Frequently Asked Questions

What HTML should I send?

Send the complete HTML source of the page containing the article. Include the full <html> document with <head> and <body> sections. Avoid sending truncated or partial HTML.

What does the API return?

The API returns JSON with the extracted title and clean article content as plain text, with all navigation, ads, and boilerplate removed. Optional fields include excerpt, author, publishedAt, and language.

Does it work with all websites?

The API works well with many article-based websites, but extraction quality varies by site structure. Well-structured HTML with semantic markup typically yields better results. We recommend testing with your target sites.

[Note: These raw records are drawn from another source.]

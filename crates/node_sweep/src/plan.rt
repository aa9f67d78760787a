//! What is copied out of a table, and in which order, found while the table is open.

ghost use Rattle.std.specs.Prelude.{◌≤◌};

use crate::keep::Keep;
use crate::marking::Marking;
use crate::open_words::OpenWords;
use crate::order::Order;
use crate::ranks::Ranking;
use crate::shared_bytes::{SharedBits, SharedBytes};
use crate::survey::{Finished, KeptRanks, RankCounts};
use node_table::NodeTable;
use squares::Sq;
use std::alloc::{AllocError, Global};
use std::thread::{Threads, map_indices};
use table_core::{Kind, LARGEST_RANK, Shape};

// With fewer pair slots for each worker, fewer workers find out what is copied.
const SLOTS_A_WORKER: u32 = 1 << 17;

/// Who finds out what is copied.
#[derive(Clone, Copy)]
pub struct Workers<'a, R> {
    /// Starts the threads and waits for them.
    pub runtime: &'a R,
    /// Gives the memory.
    pub alloc: Global,
    /// How many threads work, as far as the system gives them.
    pub count: usize,
}

/// Which squares are copied out of a table, and in which order. It is found while the table is
/// open, and no clause speaks of it. Whatever a plan says, a copy that follows it has the root's
/// cells, and each square and result that comes along is right: the plan decides how fast the copy
/// is made, and how much later steps find in it.
#[derive(Drop)]
pub struct CopyPlan {
    words_before: u32,
    orders: Vec<Order>,
    marks: Option<SharedBits>,
    counts: RankCounts,
    finished: Option<Finished>,
}

impl<R> Workers<'_, R> {
    // How many find out what is copied of a table of so many pair slots.
    fn for_slots(&self, slots: u32) -> u32
        ensures { 1 ≤ result }
    {
        let most = slots / SLOTS_A_WORKER;
        if self.count < most as usize {
            return (self.count as u32).max(1);
        }
        most.max(1)
    }
}

impl CopyPlan {
    /// What is copied of an open table where this is kept of a root, in words of this shape.
    pub fn of_table<R: Threads + Sync>(
        workers: &Workers<'_, R>,
        table: &NodeTable,
        root: Sq,
        keep: Keep,
        shape: Shape,
    ) -> Result<CopyPlan, AllocError> {
        let words = OpenWords::of_table(table);
        let orders = orders(workers, words)?;
        let counts = counts_of(orders.as_slice());
        let words_before = words.pair_at(0);
        let Keep::Collected(shares) = keep else {
            return Ok(CopyPlan {
                words_before,
                orders,
                marks: None,
                counts,
                finished: None,
            });
        };
        let kept = counts.kept_ranks(shape.slot_count(Kind::Pair), shares);
        let marks = marks(workers, words, orders.as_slice(), kept, root)?;
        Ok(CopyPlan {
            words_before,
            orders,
            marks: Some(marks),
            counts,
            finished: Some(counts.into_finished(kept)),
        })
    }

    /// What is finished, if the plan is one of a collection.
    pub fn finished(&self) -> Option<Finished> {
        self.finished
    }

    /// How many squares of this level are kept, which is above that of leaves. No clause promises
    /// the answer.
    pub fn square_count(&self, level: u8) -> u32 {
        // A square of level n + 3 is a pair of the rank 2 * n.
        let rank = level.saturating_sub(3).saturating_mul(2);
        self.counts.pairs[usize::from(rank)]
    }

    /// The slots of the pairs, in the parts of the table.
    pub(crate) fn orders(&self) -> &[Order] {
        self.orders.as_slice()
    }

    /// Whether a number is kept.
    pub(crate) fn keeps(&self, number: u32) -> bool {
        match &self.marks {
            None => true,
            Some(marks) => marks.is_set(number),
        }
    }

    /// Whether the pair at a slot is kept.
    pub(crate) fn keeps_pair(&self, slot: u32) -> bool {
        self.keeps(self.words_before.saturating_add(slot))
    }
}

// The pairs, rank by rank, in each worker's part of the slots.
fn orders<R: Threads + Sync>(
    workers: &Workers<'_, R>,
    words: OpenWords,
) -> Result<Vec<Order>, AllocError> {
    let alloc = workers.alloc;
    let slots = words.slot_count();
    let parts = workers.for_slots(slots);
    let part = slots.div_ceil(parts);
    let bytes = SharedBytes::blank(alloc, slots as usize)?;
    let ranking = Ranking {
        words,
        ranks: SharedBytes::of_words(bytes.as_slice()),
    };
    let made = map_indices(
        workers.runtime,
        alloc,
        parts as usize,
        &|worker: usize| {
            let from = slots.min((worker as u32).saturating_mul(part));
            Order::of_slots(alloc, &ranking, from, part.min(slots - from))
        },
    )?;
    let mut orders = Vec::with_capacity(alloc, parts as usize)?;
    for order in made {
        orders.push(order?)?;
    }
    Ok(orders)
}

// How many pairs of each rank are in these.
fn counts_of(orders: &[Order]) -> RankCounts {
    let mut counts = RankCounts::new();
    for i in 0..orders.len() {
        counts.add(&orders[i].counts);
    }
    counts
}

// The marks of what a collection keeps.
fn marks<R: Threads + Sync>(
    workers: &Workers<'_, R>,
    words: OpenWords,
    orders: &[Order],
    kept: KeptRanks,
    root: Sq,
) -> Result<SharedBits, AllocError> {
    let marks = SharedBits::new(workers.alloc, words.number_count())?;
    let marking = Marking {
        words,
        kept,
        marks: &marks,
    };
    marks.set(root.num.0);
    for below in 0..LARGEST_RANK {
        marking.mark_rank(workers, orders, LARGEST_RANK - below)?;
    }
    Ok(marks)
}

How accurate is the extraction?

Extraction accuracy depends on the HTML structure. Well-structured articles with semantic HTML (using <article>, <main>, proper headings) typically yield better results. The API uses enhanced Readability algorithms and AI processing to improve accuracy.

What is the maximum HTML size?

The maximum HTML size per request is 2MB. If your HTML is larger, consider preprocessing or splitting the content.

How do I handle errors?

Check the HTTP status code and error message in the response. 401 means invalid token, 402 means quota exceeded, 400 means invalid request format. See the errors documentation for details.

Can I use this for web scraping?

This API processes HTML you provide - it does not fetch URLs or crawl websites. You need to obtain HTML through other means (respecting robots.txt and terms of service). The API extracts content from HTML you already have.

Do credits expire?

No, credits never expire. Once purchased, credits remain available until used.

What counts as a request?

Each API call to /v1/extract counts as one request, regardless of HTML size (up to 2MB limit) or extraction success/failure. Failed requests (4xx/5xx errors) don't consume credits.

Can I use this for commercial purposes?

Yes, you can use the API for commercial purposes. Make sure you have rights to process the content you're extracting and comply with applicable terms of service and laws.